TOKYO — China’s economic trajectory is undergoing a fundamental recalibration as President Xi Jinping’s administration confronts the limitations of its export-oriented growth model. Despite achieving a remarkable $1 trillion trade surplus within 11 months and securing a 12-month delay in trade negotiations with the Trump administration, Chinese leadership recognizes that external demand cannot sustainably deliver the 5% growth target for 2026.
The Politburo’s recent meeting in Beijing signaled a strategic shift toward domestic-driven growth, emphasizing the critical need to mobilize approximately $22 trillion in household savings to combat deflationary pressures. The leadership’s directive to ‘adhere to domestic demand as the main driver and build a strong domestic market’ represents a significant policy reorientation.
Central to this new approach is Xi’s concept of ‘new productive forces,’ first introduced in 2023, which focuses on technological enhancement of manufacturing efficiency rather than reducing industrial output. This strategy aligns with the Politburo’s emphasis on ‘cross-cyclical’ policies prioritizing long-term stability over short-term gains.

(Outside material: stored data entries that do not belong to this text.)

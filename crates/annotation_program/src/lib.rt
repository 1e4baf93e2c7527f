//! The program `annotate` as one call over what it reaches: [`run`].
//!
//! It is generic over a [`World`]: a folder of files, the console, a sink for complaints, the disks of projects by name,
//! and the doors at which connections come in. The program gives it the files, the terminal and the ports of the system,
//! and a test a world in memory:
//!
//! ```text
//! let mut world = World {
//!     folder: MemoryFolder::new(files, Vec::new(alloc)),
//!     console: MemoryLink::new(alloc, input, Vec::new(alloc), Vec::new(alloc)),
//!     complaint: MemorySink::new(alloc, Vec::new(alloc)),
//!     disks: MemoryDisks::new(alloc, Vec::new(alloc), Vec::new(alloc)),
//!     doors: MemoryDoors::new(doors, Vec::new(alloc)),
//! };
//! let status = run(&rt, alloc, &words, &mut world); // the words of `serve news.book 8080`
//! ```
//!
//! What `serve` does to a project stands in `serve_command`, and every other command in `annotation_cli`; `specs/Serving` has the
//! words of `serve` and what a run of it says.
#![tactic(auto)]

mod program;
mod serving;

pub use crate::program::run;
pub use annotation_cli::World;
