//! The top call of the program.
ghost use Rattle.std.specs.Prelude.{◌≡◌, ◌⊎◌, ℕ, List, None, Some, map, string_bytes};
ghost use Rattle.mark_base.specs.Streams.{Rose};
ghost use Rattle.named_disks.specs.NamedDisks.{IsIn, KeepsNames, KeepsOthers, is_there, reads_as};
ghost use Rattle.command_words.specs.Asked.{command_of};
ghost use Rattle.annotation_cli.specs.Run.{Runs};
ghost use Rattle.annotation_program.specs.Serving.{IsChangedIn, Serves, serving_of};

use crate::serving::{Serving, serving_of, trouble_of};
use annotation_cli::World;
use annotation_cli::run::run_alone;
use mark_base::{Link, Sink};
use named_disks::Disks;
use program_inputs::{Folder, end_run};
use serve_command::{Doors, serve_project};
use std::alloc::Global;
use std::sync::Wait;
use std::thread::Threads;

/// Serves the project of a file by the door of a port, and gives the status.
fn serve<R: Threads + Wait + Sync, P: Sink, D: Disks, O: Doors>(
    rt: &R,
    alloc: Global,
    serving: Serving<'_>,
    complaint: &mut P,
    disks: &mut D,
    doors: &mut O,
) -> u8
    requires { IsIn (D.out disks.old) serving.book.now }
    ensures served { Serves (D.faultless disks.old) O.Door.sure (reads_as (D.stored disks.old) serving.entry.book.now) (reads_as (D.stored disks.new) serving.entry.book.now)
        (record { faults = O.doors_faults doors.old; handed = O.handed doors.old; taken = O.taken doors.old })
        (record { faults = O.doors_faults doors.new; handed = O.handed doors.new; taken = O.taken doors.new })
        (P.held complaint.old) (P.held complaint.new) (P.write_faults complaint.old) (P.write_faults complaint.new) result }
    ensures asked { O.asked doors.new ≡ Some serving.entry.port }
    ensures free { IsIn (D.out disks.new) serving.entry.book.now }
    ensures others { KeepsOthers serving.entry.book.now (D.stored disks.old) (D.out disks.old) (D.stored disks.new) (D.out disks.new) }
    ensures none_made { is_there (D.stored disks.new) serving.entry.book.now ≡ is_there (D.stored disks.old) serving.entry.book.now }
    ensures stays { D.faultless disks.old → D.faultless disks.new }
    ensures words { result ≡ 2 → ⊥ }
    ensures disk { result ≡ 4 → D.faultless disks.old → ⊥ }
    ensures door { result ≡ 5 → Rose (O.doors_faults doors.old) (O.doors_faults doors.new) }
    ensures write { result ≡ 6 → Rose (P.write_faults complaint.old) (P.write_faults complaint.new) }
    ensures done { result ≡ 0 → (O.doors_faults doors.new ≡ O.doors_faults doors.old) × (P.write_faults complaint.new ≡ P.write_faults complaint.old) }
{
    let done = serve_project(rt, alloc, disks, doors, serving.book, serving.port);
    end_run(alloc, complaint, trouble_of(done), false)
}

/// Runs the command of these words, those after the program's name, and gives its status.
///
/// `serve BOOK PORT` asks for a port of this machine, opens the project of a file and serves the connections that come in at
/// the port, up to sixty-four at a time, until it gives no more; a fault of one connection ends that one alone. All other words are those
/// of [`annotation_cli::run::run_alone`], with its statuses. 5 comes also where the port is not had or fails, by `door: Failed`.
/// Of these calls `serve` alone may wait, and asks for a door; it neither reads the folder nor touches the console.
pub fn run<R: Threads + Wait + Sync, F: Folder, C: Link, P: Sink, D: Disks, O: Doors>(
    rt: &R,
    alloc: Global,
    words: &[String],
    world: &mut World<F, C, P, D, O>,
) -> u8
    requires free { (name : List ℕ) → IsIn (D.out world.old.disks) name }

    // What other words than those of `serve` do.
    ensures alone { serving_of (map string_bytes words.now) ≡ None → Runs (F.file world.old.folder) (map string_bytes words.now) (D.faultless world.old.disks)
        (record { folder_faults = F.folder_faults world.old.folder; left = C.left world.old.console; held = C.held world.old.console; stored = D.stored world.old.disks })
        (record { folder_faults = F.folder_faults world.new.folder; left = C.left world.new.console; held = C.held world.new.console; stored = D.stored world.new.disks })
        (P.held world.old.complaint) (P.held world.new.complaint) (P.write_faults world.old.complaint) (P.write_faults world.new.complaint) result }
    ensures apart { serving_of (map string_bytes words.now) ≡ None → world.new.doors ≡ world.old.doors }

    // What those of `serve` do.
    ensures served { (book : List ℕ) (port : ℕ) → serving_of (map string_bytes words.now) ≡ Some (book, port)
        → Serves (D.faultless world.old.disks) O.Door.sure (reads_as (D.stored world.old.disks) book) (reads_as (D.stored world.new.disks) book)
        (record { faults = O.doors_faults world.old.doors; handed = O.handed world.old.doors; taken = O.taken world.old.doors })
        (record { faults = O.doors_faults world.new.doors; handed = O.handed world.new.doors; taken = O.taken world.new.doors })
        (P.held world.old.complaint) (P.held world.new.complaint) (P.write_faults world.old.complaint) (P.write_faults world.new.complaint) result }
    ensures asked { (book : List ℕ) (port : ℕ) → serving_of (map string_bytes words.now) ≡ Some (book, port) → O.asked world.new.doors ≡ Some port }
    ensures none_made { (book : List ℕ) (port : ℕ) → serving_of (map string_bytes words.now) ≡ Some (book, port)
        → is_there (D.stored world.new.disks) book ≡ is_there (D.stored world.old.disks) book }
    ensures unread { (book : List ℕ) (port : ℕ) → serving_of (map string_bytes words.now) ≡ Some (book, port) → world.new.folder ≡ world.old.folder }
    ensures unprinted { (book : List ℕ) (port : ℕ) → serving_of (map string_bytes words.now) ≡ Some (book, port) → world.new.console ≡ world.old.console }

    // What all do.
    ensures free { (name : List ℕ) → IsIn (D.out world.new.disks) name }
    ensures others { KeepsNames (λ name. IsChangedIn (serving_of (map string_bytes words.now)) (command_of (map string_bytes words.now)) name → ⊥)
        (D.stored world.old.disks) (D.out world.old.disks) (D.stored world.new.disks) (D.out world.new.disks) }
    ensures stays { D.faultless world.old.disks → D.faultless world.new.disks }
    ensures words { result ≡ 2 → (command_of (map string_bytes words.now) ≡ None) × (serving_of (map string_bytes words.now) ≡ None) }

    // A disk that cannot fail gives no status 4.
    ensures folder { result ≡ 4 → Rose (F.folder_faults world.old.folder) (F.folder_faults world.new.folder) ⊎ (D.faultless world.old.disks → ⊥) }
    ensures read { result ≡ 5 → Rose (C.read_faults world.old.console) (C.read_faults world.new.console)
        ⊎ Rose (O.doors_faults world.old.doors) (O.doors_faults world.new.doors) }
    ensures write { result ≡ 6 → Rose (C.write_faults world.old.console) (C.write_faults world.new.console)
        ⊎ Rose (P.write_faults world.old.complaint) (P.write_faults world.new.complaint) }

    // Where the job was done no call of the folder, the console, the complaint sink or the doors failed, nor one of a door.
    ensures done { result ≡ 0 → (F.folder_faults world.new.folder ≡ F.folder_faults world.old.folder)
        × (C.read_faults world.new.console ≡ C.read_faults world.old.console)
        × (C.write_faults world.new.console ≡ C.write_faults world.old.console)
        × (P.write_faults world.new.complaint ≡ P.write_faults world.old.complaint)
        × (O.doors_faults world.new.doors ≡ O.doors_faults world.old.doors) }
{
    match serving_of(words) {
        Some(serving) => serve(
            rt,
            alloc,
            serving,
            &mut world.complaint,
            &mut world.disks,
            &mut world.doors,
        ),
        None => run_alone(alloc, words, world),
    }
}
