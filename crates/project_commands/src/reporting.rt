//! The commands `progress` and `snapshots`: tables of the state of the project of a file.
ghost use Rattle.std.specs.Prelude.{◌≢◌, IfErr, IsErrOf, MatchResult};
ghost use Rattle.named_disks.specs.NamedDisks.{IsIn, KeepsAll, reads_as};
ghost use Rattle.program_inputs.specs.ProjectFiles.ProjectFiles.{NotOpened};
ghost use Rattle.project_commands.specs.Reporting.{PrintsProgress, PrintsSnapshots};

use mark_base::Bytes;
use named_disks::Disks;
use program_inputs::{Trouble, look_at_project};
use project_reports::{progress_csv, snapshots_csv};
use std::alloc::Global;

/// `progress BOOK`: reads the project of a file as it stands, and gives the table of who is done, as `progress_csv` says. A
/// layer that is out in the file is free in what is read, so no row says `out`. Cost: reading the project, and the table.
pub fn show_progress<D: Disks>(alloc: Global, book: &str, disks: &mut D) -> Result<Bytes, Trouble>
    requires { IsIn (D.out disks.old) book.now }
    ensures told { MatchResult result (PrintsProgress (reads_as (D.stored disks.old) book.now)) (NotOpened (reads_as (D.stored disks.old) book.now)) }
    ensures kept { KeepsAll (D.stored disks.old) (D.out disks.old) (D.stored disks.new) (D.out disks.new) }
    ensures stays { D.faultless disks.old → D.faultless disks.new }
    ensures never { D.faultless disks.old → IsErrOf result Trouble.DiskFailed → ⊥ }
    ensures free { D.faultless disks.old → IsErrOf result Trouble.DiskInUse → ⊥ }
    ensures no_file { IfErr result (λ trouble. trouble ≢ Trouble.FileFailed) }
    ensures no_read { IfErr result (λ trouble. trouble ≢ Trouble.ReadFault) }
    ensures no_write { IfErr result (λ trouble. trouble ≢ Trouble.WriteFault) }
{
    let project = look_at_project(alloc, disks, book)?;
    let table = progress_csv(alloc, project.state())?;
    Ok(table)
}

/// `snapshots BOOK`: reads the project of a file as it stands, and gives the table of how far curation is, as
/// `snapshots_csv` says. Cost: reading the project, and the items of each snapshot.
pub fn show_snapshots<D: Disks>(alloc: Global, book: &str, disks: &mut D) -> Result<Bytes, Trouble>
    requires { IsIn (D.out disks.old) book.now }
    ensures told { MatchResult result (PrintsSnapshots (reads_as (D.stored disks.old) book.now)) (NotOpened (reads_as (D.stored disks.old) book.now)) }
    ensures kept { KeepsAll (D.stored disks.old) (D.out disks.old) (D.stored disks.new) (D.out disks.new) }
    ensures stays { D.faultless disks.old → D.faultless disks.new }
    ensures never { D.faultless disks.old → IsErrOf result Trouble.DiskFailed → ⊥ }
    ensures free { D.faultless disks.old → IsErrOf result Trouble.DiskInUse → ⊥ }
    ensures no_file { IfErr result (λ trouble. trouble ≢ Trouble.FileFailed) }
    ensures no_read { IfErr result (λ trouble. trouble ≢ Trouble.ReadFault) }
    ensures no_write { IfErr result (λ trouble. trouble ≢ Trouble.WriteFault) }
{
    let project = look_at_project(alloc, disks, book)?;
    let table = snapshots_csv(alloc, project.state())?;
    Ok(table)
}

While monetary easing is anticipated—with Societe Generale economist Wei Yao predicting record-low bond yields—the core growth strategy centers on supply-side reforms. However, economists caution about implementation challenges. Lizzi Lee of the Asia Society Policy Institute notes: ‘Aligning fiscal expansion with structural reform, strengthening household demand without amplifying financial vulnerabilities, and advancing industrial upgrading while preserving market discipline will be central to navigating China’s economic transition.’
The reform agenda addresses multiple structural weaknesses: resolving the property crisis, reducing economic opacity, leveling playing fields for private enterprises, tackling youth unemployment, managing local government debt, and developing social safety nets to reduce precautionary savings.
Historical context reveals repeated delays in market-oriented reforms since 2013, when Xi initially promised to let market forces play a ‘decisive role.’ Previous crises, including the 2015 market crash, COVID-19 lockdowns, and the tech sector crackdown, have consistently diverted attention from structural reforms.
Analysts suggest abandoning annual GDP targets could facilitate a genuine transition toward sustainable growth. While China has made progress in deleveraging and achieved technology successes through initiatives like ‘Made in China 2025,’ the underlying economy remains constrained by unfinished reforms.
The external environment adds complexity, with potential policy shifts from the Trump administration representing a significant uncertainty. As fund manager Cheng Hao observes, there are concerns that current policies might represent ‘old wine in new bottles,’ highlighting the challenge of demonstrating genuine reform progress amid global economic uncertainties.